Hi,
I am setting up a database to manage computer vision training data, and I would appreciate your feedback on my current schema and approach.
Current setup
The data consists of images (not stored in the database, I only store their paths as strings), annotations (equivalent to a labelling operation performed by a human operator on one image), and labels (their geometries are stored directly in the database).
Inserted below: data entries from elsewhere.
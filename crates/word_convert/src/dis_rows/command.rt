//! The command line as `clap` is told of it.

ghost use Rattle.std.specs.Prelude.{◌≡◌, IfErr, IfOk, false};
ghost use Rattle.clap.specs.Words.{app_of, kind_of};
ghost use Rattle.clap.specs.declared.builder.command.Command.TheViews.{out-Command};
ghost use Rattle.word_convert.specs.ListingCommandLine.{dis, dis_part};

use arguments::{begin, file, profile};
use clap::error::ErrorKind;
use clap::{Command, Error};
use image_files::with_image_options;
use std::alloc::Global;

/// What the help shows below the options.
const EXAMPLE: &str = "Example:
  mos65 dis rom.bin F000 F0FF --bin F000";

/// The file, and the part of it.
fn part_command<'a>(alloc: Global) -> Result<Command<'a>, Error>
    ensures shape { IfOk result (λ c. app_of c ≡ dis_part) }
    ensures local { IfOk result (λ c. (out-Command c).has_globals ≡ false) }
    ensures memory { IfErr result (λ e. kind_of e ≡ ErrorKind.OutOfMemory) }
{
    let about = "Lists what an image has between two addresses as instructions";
    let command = begin(alloc, "dis", "mos65 dis", about, EXAMPLE)?
        .arg(file(alloc, "FILE", "The image to read"))?
        .arg(file(alloc, "LO", "The first address, four hex digits"))?
        .arg(file(alloc, "HI", "The last address, four hex digits"))?;
    Ok(command)
}

/// Returns the command line of `dis` with an image.
///
/// The only error is that an allocation failed.
pub fn dis_image_command<'a>(alloc: Global) -> Result<Command<'a>, Error>
    ensures shape { IfOk result (λ c. app_of c ≡ dis) }
    ensures local { IfOk result (λ c. (out-Command c).has_globals ≡ false) }
    ensures memory { IfErr result (λ e. kind_of e ≡ ErrorKind.OutOfMemory) }
{
    let raw = "FILE has bytes alone, from this address on, four hex digits, as FILE@HHHH";
    let prg = "FILE is a PRG file: its address in two bytes, and bytes from it on";
    let command = part_command(alloc)?.arg(profile(alloc))?;
    with_image_options(alloc, command, raw, prg)
}
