//! Calls of the session that are not events, and the replies to them.

ghost use Rattle.std.specs.Prelude.{◌≡◌, ◌≢◌, IsErrOf, IsOk, OnErr, Ok, Err};
ghost use Rattle.model.specs.Writers.{Writes};
ghost use Rattle.model.specs.Run.{after_steps, run_end};
ghost use Rattle.model.specs.Back.{back_of};
ghost use Rattle.model.specs.Breakpoints.{break_cleared, break_set, watch_cleared, watch_set};
ghost use Rattle.model.specs.Transcript.{back_answer, refusal_line, run_line, table_answer};

use crate::fault::ReplyFault;
use crate::output::put;
use crate::texts::{refusal_text, register_text, run_text};
use debugger::Session;
use model::SessionFault;
use std::io::Write;

/// Runs at most so many steps, and writes how many were made and why the run ended.
pub fn run<W: Write>(session: &mut Session, count: u32, writer: &mut W) -> Result<(), ReplyFault>
    ensures writes { Writes (W.contents writer.old) (W.contents writer.new)
        (run_line (run_end count session.old)) result }
    ensures after { session.new ≡ after_steps (run_end count session.old).did session.old }
    ensures fault { OnErr result (result ≡ Err ReplyFault.Write) }
{
    let end = session.run(count);
    put(writer, run_text(end).as_slice())
}

/// Undoes so many events, and writes the register line, or how many are held.
pub fn go_back<W: Write>(
    session: &mut Session,
    count: u32,
    writer: &mut W,
) -> Result<(), ReplyFault>
    ensures writes { Writes (W.contents writer.old) (W.contents writer.new)
        (back_answer session.old (back_of count session.old)).written result }
    ensures after { session.new ≡ (back_answer session.old (back_of count session.old)).session }
    ensures fault { OnErr result (result ≡ Err ReplyFault.Write) }
{
    match session.back(count) {
        Ok(()) => put(writer, register_text(session).as_slice()),
        Err(fault) => put(writer, refusal_text(fault).as_slice()),
    }
}

/// Sets a breakpoint, and writes `OK` or the fault. If memory runs out, nothing is written.
pub fn set_break<W: Write>(
    session: &mut Session,
    address: u16,
    writer: &mut W,
) -> Result<(), ReplyFault>
    ensures writes { Writes (W.contents writer.old) (W.contents writer.new)
        (table_answer session.old (break_set address session.old)).written result }
    ensures after { result ≢ Err ReplyFault.OutOfMemory
        → session.new ≡ (table_answer session.old (break_set address session.old)).session }
    ensures memory { IsErrOf result ReplyFault.OutOfMemory → (session.new ≡ session.old)
        × (writer.new ≡ writer.old) × IsOk (break_set address session.old) }
{
    match session.set_break(address) {
        Ok(()) => put(writer, b"OK\n"),
        Err(fault) => refuse(fault, writer),
    }
}

/// Sets a watchpoint, and writes `OK` or the fault. If memory runs out, nothing is written.
pub fn set_watch<W: Write>(
    session: &mut Session,
    address: u16,
    writer: &mut W,
) -> Result<(), ReplyFault>
    ensures writes { Writes (W.contents writer.old) (W.contents writer.new)
        (table_answer session.old (watch_set address session.old)).written result }
    ensures after { result ≢ Err ReplyFault.OutOfMemory
        → session.new ≡ (table_answer session.old (watch_set address session.old)).session }
    ensures memory { IsErrOf result ReplyFault.OutOfMemory → (session.new ≡ session.old)
        × (writer.new ≡ writer.old) × IsOk (watch_set address session.old) }
{
    match session.set_watch(address) {
        Ok(()) => put(writer, b"OK\n"),
        Err(fault) => refuse(fault, writer),
    }
}

/// Clears a breakpoint, and writes `OK` or the fault.
pub fn clear_break<W: Write>(
    session: &mut Session,
    address: u16,
    writer: &mut W,
) -> Result<(), ReplyFault>
    ensures writes { Writes (W.contents writer.old) (W.contents writer.new)
        (table_answer session.old (break_cleared address session.old)).written result }
    ensures after { session.new
        ≡ (table_answer session.old (break_cleared address session.old)).session }
    ensures fault { OnErr result (result ≡ Err ReplyFault.Write) }
{
    match session.clear_break(address) {
        Ok(()) => put(writer, b"OK\n"),
        Err(fault) => put(writer, refusal_text(fault).as_slice()),
    }
}

/// Clears a watchpoint, and writes `OK` or the fault.
pub fn clear_watch<W: Write>(
    session: &mut Session,
    address: u16,
    writer: &mut W,
) -> Result<(), ReplyFault>
    ensures writes { Writes (W.contents writer.old) (W.contents writer.new)
        (table_answer session.old (watch_cleared address session.old)).written result }
    ensures after { session.new
        ≡ (table_answer session.old (watch_cleared address session.old)).session }
    ensures fault { OnErr result (result ≡ Err ReplyFault.Write) }
{
    match session.clear_watch(address) {
        Ok(()) => put(writer, b"OK\n"),
        Err(fault) => put(writer, refusal_text(fault).as_slice()),
    }
}

/// Writes why a breakpoint or a watchpoint is not set. If memory ran out, nothing is written.
fn refuse<W: Write>(fault: SessionFault, writer: &mut W) -> Result<(), ReplyFault>
    ensures writes { fault ≢ SessionFault.OutOfMemory
        → Writes (W.contents writer.old) (W.contents writer.new) (refusal_line fault) result }
    ensures memory { fault ≡ SessionFault.OutOfMemory
        → ((result ≡ Err ReplyFault.OutOfMemory) × (writer.new ≡ writer.old)) }
    ensures only { IsErrOf result ReplyFault.OutOfMemory → fault ≡ SessionFault.OutOfMemory }
{
    match fault {
        SessionFault::OutOfMemory => Err(ReplyFault::OutOfMemory),
        fault => put(writer, refusal_text(fault).as_slice()),
    }
}
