//! Compares the opcode table and single steps of the machine with what the tools of others gave;
//! lists and assembles again; and says what reading each tape gives that is named on the command
//! line.
#![tactic(auto)]

mod listing_counts;
mod tapes;

use anyhow::Result;
use bus::{Image, MapSpec};
use cpu::{Flags, Machine, Regs};
use listing_counts::write_counts;
use model::Setting;
use optable::{decode, encode, mnemonic_of};
use std::alloc::Global;
use std::rt::Files;
use std::{env, fs};
use tapes::report_tape;

/// The cycles of the reset with which a machine starts.
const RESET_CYCLES: u64 = 7;

/// Two bytes as an address, the high byte first.
fn word(high: u8, low: u8) -> u16 {
    high as u16 * 256 + low as u16
}

/// The registers in seven bytes: PC, S, A, X, Y and P.
fn registers(bytes: &[u8]) -> Option<Regs> {
    let [high, low, s, a, x, y, p] = *bytes else {
        return None;
    };
    Some(Regs {
        a,
        x,
        y,
        s,
        pc: word(high, low),
        flags: Flags::from_byte(p),
    })
}

/// An image with these cells, each an address and a byte.
fn image_of(alloc: Global, cells: &[u8]) -> Result<Image> {
    let mut image = Image::new(alloc)?;
    for cell in cells.chunks_exact(3) {
        if let [high, low, byte] = *cell {
            image.put(word(high, low), byte);
        }
    }
    Ok(image)
}

/// Whether memory has these cells, and 0 everywhere else.
fn has_cells(machine: &Machine, cells: &[u8]) -> bool {
    let mut set = 0u32;
    for cell in cells.chunks_exact(3) {
        if let [high, low, byte] = *cell {
            if machine.peek(word(high, low)) != byte {
                return false;
            }
            if byte != 0 {
                set = set.wrapping_add(1);
            }
        }
    }
    let mut found = 0u32;
    for address in 0..=65535u16 {
        if machine.peek(address) != 0 {
            found = found.wrapping_add(1);
        }
    }
    found == set
}

/// Sets all registers of a machine.
fn set_registers(machine: &mut Machine, regs: &Regs) -> Result<()> {
    for setting in [
        Setting::A(regs.a),
        Setting::X(regs.x),
        Setting::Y(regs.y),
        Setting::S(regs.s),
        Setting::P(regs.flags.to_byte(false)),
        Setting::Pc(regs.pc),
    ] {
        let _undo = machine.set_register(setting)?;
    }
    Ok(())
}

/// Whether one step leads from the registers and memory of a line to those that it names, in so
/// many cycles.
fn step_agrees(alloc: Global, line: &str) -> Result<bool> {
    let mut words = line.split(' ');
    let mut field = [None; 5];
    for place in 0..5usize {
        field[place] = words.next();
    }
    let [
        Some(before),
        Some(after),
        Some(cycles),
        Some(cells),
        Some(left),
    ] = field
    else {
        return Ok(false);
    };
    let (Some(before), Some(after)) = (
        registers(&hex::decode(alloc, before)?),
        registers(&hex::decode(alloc, after)?),
    ) else {
        return Ok(false);
    };
    let image = image_of(alloc, &hex::decode(alloc, cells)?)?;
    let mut machine = Machine::new(alloc, MapSpec::new(None, 0xf000)?, &image)?;
    set_registers(&mut machine, &before)?;
    let _undo = machine.step()?;
    let cycles = hex::decode(alloc, cycles)?;
    let [cycles] = *cycles.as_slice() else {
        return Ok(false);
    };
    Ok(
        machine.regs() == after
            && machine.cycles() == RESET_CYCLES + cycles as u64
            && has_cells(&machine, &hex::decode(alloc, left)?),
    )
}

/// Whether the table has the row of a line, both ways.
fn row_agrees(alloc: Global, line: &str) -> Result<bool> {
    let Some((digits, rest)) = line.split_once(' ') else {
        return Ok(false);
    };
    let Some((name, rest)) = rest.split_once(' ') else {
        return Ok(false);
    };
    let opcode = hex::decode(alloc, digits)?;
    let [opcode] = *opcode.as_slice() else {
        return Ok(false);
    };
    let Some(row) = decode(opcode) else {
        return Ok(false);
    };
    let written = format!(in alloc; "{:?} {} {} {}", row.mode, row.len, row.cycles, row.penalty)?;
    Ok(
        written.as_str() == rest
            && mnemonic_of(name.as_bytes()) == Some(row.mnemonic)
            && encode(row.mnemonic, row.mode) == Some(opcode),
    )
}

fn main(rt: HostRuntime) -> Result<()> {
    let rows = fs::read_to_string(&rt, "opcodes.txt")?;
    let mut count = 0u32;
    for line in rows.lines() {
        if !line.starts_with('#') {
            count = count.wrapping_add(1);
            if !row_agrees(rt.alloc(), line)? {
                println!(rt; "opcodes: another row than {line}")?;
            }
        }
    }
    let documented = (0..=255u8)
        .filter(|opcode| decode(*opcode).is_some())
        .count();
    println!(rt; "opcodes: {count} compared, {documented} in the table")?;
    let steps = fs::read_to_string(&rt, "steps.txt")?;
    let mut count = 0u32;
    for line in steps.lines() {
        if !line.starts_with('#') {
            count = count.wrapping_add(1);
            if !step_agrees(rt.alloc(), line)? {
                println!(rt; "steps: another step than {line}")?;
            }
        }
    }
    println!(rt; "steps: {count} compared")?;
    for name in env::args(&rt)?.skip(1) {
        report_tape(&rt, name.as_str())?;
    }
    write_counts(rt)
}
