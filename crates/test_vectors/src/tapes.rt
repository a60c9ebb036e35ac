//! Reads tapes, at once and byte by byte, and says what reading them gives.

use anyhow::Result;
use bus::Image;
use papertape::{TapeFault, TapeReader, read_tape, write_tape};
use std::alloc::Global;
use std::fs;
use std::rt::Files;

/// How many addresses of an image have a byte.
fn size(image: &Image) -> usize {
    (0..=65535u16)
        .filter(|address| image.get(*address).is_some())
        .count()
}

/// Reads a tape by a reader that is fed one byte at a time.
fn read_by_bytes(alloc: Global, text: &[u8]) -> Result<Image, TapeFault> {
    let mut reader = TapeReader::new(alloc)?;
    for at in 0..text.len() {
        reader.feed(&text[at..at + 1])?;
    }
    reader.finish()
}

/// What stands in `NAME.ours.ptp`, or else in `NAME.ptp`, and in which words to say that it was
/// written back.
fn wanted<R: Files + AllocGlobal>(rt: &R, name: &str) -> Result<(Vec<u8>, &'static str)> {
    let ours = format!(in rt.alloc(); "{name}.ours.ptp")?;
    if fs::exists(rt, ours.as_str())? {
        return Ok((fs::read(rt, ours.as_str())?, "as ours"));
    }
    let same = format!(in rt.alloc(); "{name}.ptp")?;
    Ok((fs::read(rt, same.as_str())?, "the same"))
}

/// Reads the tape `NAME.ptp` in both ways, and writes back what was read byte by byte.
pub fn report_tape<R: Files + AllocGlobal + Print>(rt: &R, name: &str) -> Result<()> {
    let path = format!(in rt.alloc(); "{name}.ptp")?;
    let text = fs::read(rt, path.as_str())?;
    let at_once = read_tape(rt.alloc(), &text);
    let image = match read_by_bytes(rt.alloc(), &text) {
        Ok(image) => image,
        Err(fault) if at_once.err() == Some(fault) => {
            println!(rt; "{name}: {fault}, at once and byte by byte")?;
            return Ok(());
        }
        Err(fault) => {
            println!(rt; "{name}: {fault} byte by byte alone")?;
            return Ok(());
        }
    };
    let written = write_tape(rt.alloc(), &image)?;
    let (other, words) = wanted(rt, name)?;
    let bytes = size(&image);
    if written.as_slice() == other.as_slice() {
        println!(rt; "{name}: ok, {bytes} bytes, written back {words}")?;
    } else {
        println!(rt; "{name}: ok, {bytes} bytes, written back otherwise")?;
    }
    Ok(())
}
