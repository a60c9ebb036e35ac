//! Events, and the replies to them.

ghost use Rattle.std.specs.Prelude.{◌≡◌, ◌≤◌, ◌+◌, ◌∷◌, ◌++◌, [], length, OnErr, Ok, Err, nat_lt};
ghost use Rattle.model.specs.Writers.{Writes};
ghost use Rattle.model.specs.Event.{event_of};
ghost use Rattle.model.specs.State.{console_size};
ghost use Rattle.model.specs.Transcript.{after_input, event_answer, input_answer, stepped_answer};

use crate::fault::ReplyFault;
use crate::output::put;
use crate::texts::{fault_text, register_text};
use debugger::Session;
use model::{Event, EventFault};
use std::io::Write;

/// Makes a step, and writes the register line after it, or the fault.
pub fn step<W: Write>(session: &mut Session, writer: &mut W) -> Result<(), ReplyFault>
    ensures writes { Writes (W.contents writer.old) (W.contents writer.new)
        (stepped_answer session.old (event_of session.old.current Event.Step)).written result }
    ensures after { session.new
        ≡ (stepped_answer session.old (event_of session.old.current Event.Step)).session }
    ensures fault { OnErr result (result ≡ Err ReplyFault.Write) }
{
    match session.event(Event::Step) {
        Ok(()) => put(writer, register_text(session).as_slice()),
        Err(fault) => put(writer, fault_text(fault).as_slice()),
    }
}

/// Makes an event other than a step, and writes `OK` or the fault.
pub fn happen<W: Write>(
    session: &mut Session,
    event: Event,
    writer: &mut W,
) -> Result<(), ReplyFault>
    ensures writes { Writes (W.contents writer.old) (W.contents writer.new)
        (event_answer session.old (event_of session.old.current event)).written result }
    ensures after { session.new
        ≡ (event_answer session.old (event_of session.old.current event)).session }
    ensures fault { OnErr result (result ≡ Err ReplyFault.Write) }
{
    match session.event(event) {
        Ok(()) => put(writer, b"OK\n"),
        Err(fault) => put(writer, fault_text(fault).as_slice()),
    }
}

/// Hands in bytes of input, all of them or none, and writes `OK` or the fault.
#[tactic(auto, unfolding(model::specs::Transcript::input_answer))]
pub fn take_input<W: Write>(
    session: &mut Session,
    bytes: &[u8],
    writer: &mut W,
) -> Result<(), ReplyFault>
    ensures writes { Writes (W.contents writer.old) (W.contents writer.new)
        (input_answer session.old bytes.now).written result }
    ensures after { session.new ≡ (input_answer session.old bytes.now).session }
    ensures fault { OnErr result (result ≡ Err ReplyFault.Write) }
{
    if exceeds_room(session, bytes) {
        return put(writer, fault_text(EventFault::InputFull).as_slice());
    }
    hand_in(session, bytes);
    put(writer, b"OK\n")
}

/// Returns whether there is no room for all of the bytes.
fn exceeds_room(session: &Session, bytes: &[u8]) -> bool
    ensures { result
        ≡ nat_lt console_size (length session.now.current.bus.given + length bytes.now) }
{
    bytes.len() > session.input_room() as usize
}

/// Hands in bytes for which there is room, each an event of its own. None is rejected.
fn hand_in(session: &mut Session, bytes: &[u8])
    requires { length session.old.current.bus.given + length bytes.now ≤ 65536 }
    ensures after { session.new ≡ after_input session.old bytes.now }
    ensures given { session.new.current.bus.given ≡ session.old.current.bus.given ++ bytes.now }
{
    for byte in bytes {
        hand_in_byte(session, *byte);
    }
}

/// Hands in a byte for which there is room. The event is not rejected.
fn hand_in_byte(session: &mut Session, byte: u8)
    requires { length session.old.current.bus.given + 1 ≤ 65536 }
    ensures accepted { event_of session.old.current (Event.Input byte) ≡ Ok session.new.current }
    ensures after { session.new ≡ after_input session.old (byte ∷ []) }
    ensures given { session.new.current.bus.given ≡ session.old.current.bus.given ++ byte ∷ [] }
{
    let _ = session.event(Event::Input(byte));
}
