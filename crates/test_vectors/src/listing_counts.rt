//! Lists and assembles again, in each profile: each first byte with 64 pairs of further bytes, at 8
//! addresses each.

use anyhow::Result;
use named_source::{Profile, listed_again};
use std::alloc::Global;

/// The first bytes of both pages' ends, where a branch wraps, and where an instruction no longer
/// fits.
const ADDRESSES: [u16; 8] = [
    0x0000, 0x0001, 0x00fe, 0x02fd, 0x8000, 0xfffd, 0xfffe, 0xffff,
];

/// The bytes after the first: the ends of the zero page, of a branch's way, and some between.
const FURTHER: [u8; 8] = [0x00, 0x01, 0x10, 0x7f, 0x80, 0xf0, 0xfe, 0xff];

/// How many rows of a first byte come back in a profile as the bytes that they show.
fn count_of(alloc: Global, profile: Profile, first: u8) -> Result<u32> {
    let mut count = 0u32;
    for address in ADDRESSES {
        for second in FURTHER {
            for third in FURTHER {
                let bytes = [first, second, third];
                let line = listed_again(alloc, profile, &bytes, address).map_err(
                    |fault| fault.kind,
                )?;
                let len = line.count as usize;
                if len >= 1 && len <= 3 && line.bytes[..len] == bytes[..len] {
                    count = count.wrapping_add(1);
                }
            }
        }
    }
    Ok(count)
}

/// Writes for each profile how many rows come back as the bytes that they show.
pub fn write_counts(rt: HostRuntime) -> Result<()> {
    for (profile, name) in [(Profile::N, "N"), (Profile::C, "C")] {
        let mut count = 0u32;
        for first in 0..=255u8 {
            count = count.wrapping_add(count_of(rt.alloc(), profile, first)?);
        }
        println!(rt; "{name}: {count} of 131072 rows assembled to the bytes that they show")?;
    }
    Ok(())
}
Initially, I used separate collections for images, annotations, and labels, as shown below:
# Images collection:
{
"_id": ObjectId('10'),
"image_name": "DSC04799",
"path": "/path/to/DSC04799.tif"
},
...
# Annotations collection:
{
"_id": ObjectId('11'),
"class": "Cat",
"version": 1,
"image_id": ObjectId('10'),
},
...
# Labels collection:
{
"_id": ObjectId('12'),
"geometry": [1, 2, 3, ...],
"annotation_id": ObjectId('11'),
},
...
After reading the MongoDB documentation on embedding vs. referencing, I decided to switch to a single “images” collection with embedded annotations and labels::
{
"_id": ObjectId('10'),
"image_name": "DSC04799",
"path": "/path/to/DSC04799.tif"
"annotations":[
{
"_id": ObjectId('11'),
"class": "Cat",
"version": 1,
"labels": [
{
"_id": ObjectId('12'),
"geometry": [1, 2, 3, ...],
},
...
]
},
...
]
},
...
Code snippets
When using the previous schema, before inserting a new annotation I could easily check if it was already existing in the database(with pymongo):
annotation_doc = annotations_collection.find_one(
{"image_id": image_id, "class": class, "version": version}
)
if annotation_doc is None:
annotation_id = annotations_collection.insert_one(
{"_id": ObjectId(), "image_id": image_id, "class": class, "version": version, "labels": labels}
)
After the schema change, the equivalent operation became more complex:
# Look for annotation in DB, and insert it if not already present
pipeline = [
{"$match": {"_id": image_id}},
{"$unwind": "$annotations"},
{"$match": {"annotations.class": class, "annotations.version": version}},
{"$project": {"_id": "$annotations._id"}},
]
cursor = images_collection.aggregate(pipeline)
try:
annotation_id = next(cursor)["_id"]
except StopIteration:
annotation_id = images_collection.update_one(
{"_id": image_id},
{"$push": {"annotations": {"_id": ObjectId(), "class": class, "version": version, "labels": labels}},
)
Concerns and questions
Since switching to the new schema, I find the queries more complex, and I’m wondering if I’m on the right track. Are these complex queries typical of MongoDB, or am I facing a learning curve?
I’m also curious about the pros and cons of using embedding in this scenario. Does the updated schema seem appropriate for my use case? Should I consider going back to separate collections?
Thank you for your help and guidance!